Ion exchange, and how it works

The process of pushing new atoms into the tunnels, and kicking out the old ones, is called ion exchange. Ions are atoms that have a charge, like sodium or calcium, and are needed to charge-balance the chemical makeup of the crystal. For example, if sodium resides in a crystal (having a charge of 1+), it can be replaced by another 1+ charged ion pretty easily. If a single 2+ ion wants to move into the crystal, then two sodiums will need to vacate the crystal to accommodate, which may or may not happen depending on the zeolite — but in the end, everything has to be balanced. If the charge differences are too disparate, then the crystal can ultimately weaken and break apart. There are sequences of ion preference that each microporous mineral has, and these have been experimentally determined. In general, we know that given two atoms of the same charge, the larger one is likely to be preferred, if it can still fit into the tunnel.

Another way to think about ion conduction is something like electrical conduction. For you to use electricity, electrons have to move through metal, to get from one place to the other in order to power stuff. It is the same thing with ion conduction — the calcium ions have to physically move through the crystal,while pushing the others out. There is a kind of friction during this process, and sometimes there are physical strains on the crystal. Nature has found some clever ways to do ion conduction in a variety of systems, and it is way more important than you think.

Ion conduction in biological systems is critical for survival. For example, Prof. Roderick MacKinnon found the mechanisms by which potassium ion conduction in human cells power much of our muscular control, including the heart. It’s so important that this work earned him a Nobel Prize in chemistry. The cells in your body regulate potassium for specific functions, through a molecular gate in the cell membrane. The gate is selective for just potassium, and all other atoms are rejected. Once the gate opens, it allows potassium to enter the cell and perform a function (e.g. move muscles). Have you ever been told to eat a banana to keep muscle cramps at bay? That potassium-rich food can supply lots of the needed nutrients for strong muscle function when you need it the most. The animation below shows just how this works.

https://www.youtube.com/watch?v=Z1M8s9aLe4Q

How do these ion channels (tunnels) work?

In short, ​​it’s a charge repulsion force that opens up the channel. The carbonyl groups have the positively charged hydrogen atom as the terminal at the end, pointing into the channel. When the positively charge potassium gets close to that carbonyl, it pushes the hydrogen to one side (because like charges repel each other), and this pushing force rotates subgroups of the protein and opens a channel. Only potassium can do that. Sodium is too small and has wrong charge density to force the channel open. There are different types of channels that move other ions in-and-out of the cell.

I imagine that this process happens at near the speed-of-light, because how else am I able to move my muscles and type out these words on the computer, to get this story written. It involves tiny levers inside the cell; little molecular levers that Mother Nature designed (i.e. evolution selected for). These molecular levers are not limited to biological cellular systems, as nature can do this in other systems, as well

The Venus Fly Trap

Here is example of how selectivity works on a larger scale. Take the Venus Fly Trap (Dionaea muscipula). The plant has a clam-like shape to it, and the clam-like parts are leaf-lobes. Inside the leaf-lobes are little levers. When a bug walks between the leaf-lobes and touches a lever, the plant rapidly clamps down to catch its prey. For this to work, the bug has to be sufficiently large to actually push the lever, but not so large that the bug cannot even touch the lever. Check out YouTube videos of this, you’ll notice that the bug has to be the right size to fit. So nature has built many types of selectivity gates, for bugs and for ions, to perform critical life functions.

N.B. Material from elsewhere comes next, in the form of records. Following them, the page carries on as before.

// A name, an input and its purification under the defaults, as bytes.
static OF_ANY_BYTES: [(&str, &[u8], &[u8]); 21] = [
    ("nothing_stays_nothing", b"", b""),
    ("bytes_that_are_no_text_go", b"\x41\xC3\x28\x00\x42", b"A(B"),
    ("a_line_end_of_two_characters", b"a\r\nb", b"a\nb"),
    ("a_line_end_of_one_character", b"a\rb", b"a\nb"),
    ("a_tab_and_a_line_feed_stay", b"a\tb\n", b"a\tb\n"),
    (
        "characters_past_ascii_stay",
        b"\xC3\xA9\xF0\x9F\x98\x80",
        b"\xC3\xA9\xF0\x9F\x98\x80",
    ),
    ("quotes_stay", b"it's \"so\"", b"it's \"so\""),
    (
        "signs_and_references",
        b"1 < 2 & 3 > 2 &copy; &nope;",
        b"1 &lt; 2 &amp; 3 &gt; 2 \xC2\xA9 &amp;nope;",
    ),
    (
        "references_are_read_once",
        b"&#13;&#x41;&amp;lt;&#65",
        b"A&amp;lt;&amp;#65",
    ),
    ("a_number_past_the_last_character", b"x&#x110000;y", b"xy"),
    ("a_text_may_vanish", b"<p>&#0;", b"<p></p>"),
    ("a_name_in_upper_case", b"<P>a<BR>b", b"<p>a<br />b</p>"),
    ("a_space_in_a_tag", b"<p >a", b"<p>a</p>"),
    ("a_slash_in_a_value", b"<p a=/>b", b"<p>b</p>"),
    ("a_tag_that_meets_the_end_goes", b"a <b", b"a "),
    ("a_comment_goes", b"a<!--b-->c", b"ac"),
    ("a_comment_without_an_end", b"x<!--", b"x"),
    ("a_script_goes", b"a<script>if(1<2)</script>b", b"ab"),
    ("a_script_without_an_end", b"a<script>b", b"a"),
    (
        "character_data_is_text",
        b"a<!--b-->c<![CDATA[<&amp;]]>d",
        b"ac&lt;&amp;amp;d",
    ),
    (
        "a_good_fragment_stays",
        b"<p>a &amp; b<br />c</p>d",
        b"<p>a &amp; b<br />c</p>d",
    ),
];

fn first_of_bytes(alloc: Global) -> Failing {
    for (name, input, want) in &OF_ANY_BYTES {
        if !gives_by_default(alloc, input, want)? {
            return Ok(Some(*name));
        }
    }
    Ok(None)
}

#[test]
fn reads_any_bytes(rt: HostRuntime) {
    assert_none_fails(&rt, first_of_bytes(rt.alloc()));
}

So how does it work in minerals?

Surprisingly, it is similar to biological cellular systems. Here is an example. The mineral sitinakite naturally forms with sodium and potassium in the tunnels. A group from Texas, led by Prof. Abe Clearfield, found that this mineral is extremely ion-selective, but only after the mineral absorbs hydrogen (when treated with a weak acid). After it absorbs hydrogen, it will only readily exchange with cesium. It’s crazy, because hydrogen is the smallest atom and cesium is the largest! That has a super-interesting application. Since cesium is a toxic element, and very radioactive when found in nuclear waste, sitinakite could be used for remediating nuclear waste and disasters (see Fukushima cleanup). The Texas group and I collaborated, and I found that only certain atoms can then re-enter the crystal, once sitinakite exchanged the hydrogen.

What was causing this? It took me several years of work to decipher the mechanism for this molecular processes, but I finally cracked it in 2008. All that experimental design, data collection, analysis, and work is summed up in the graphic below.

Diagram of the ion selectivity filter and the double-lever mechanim in sitinakite.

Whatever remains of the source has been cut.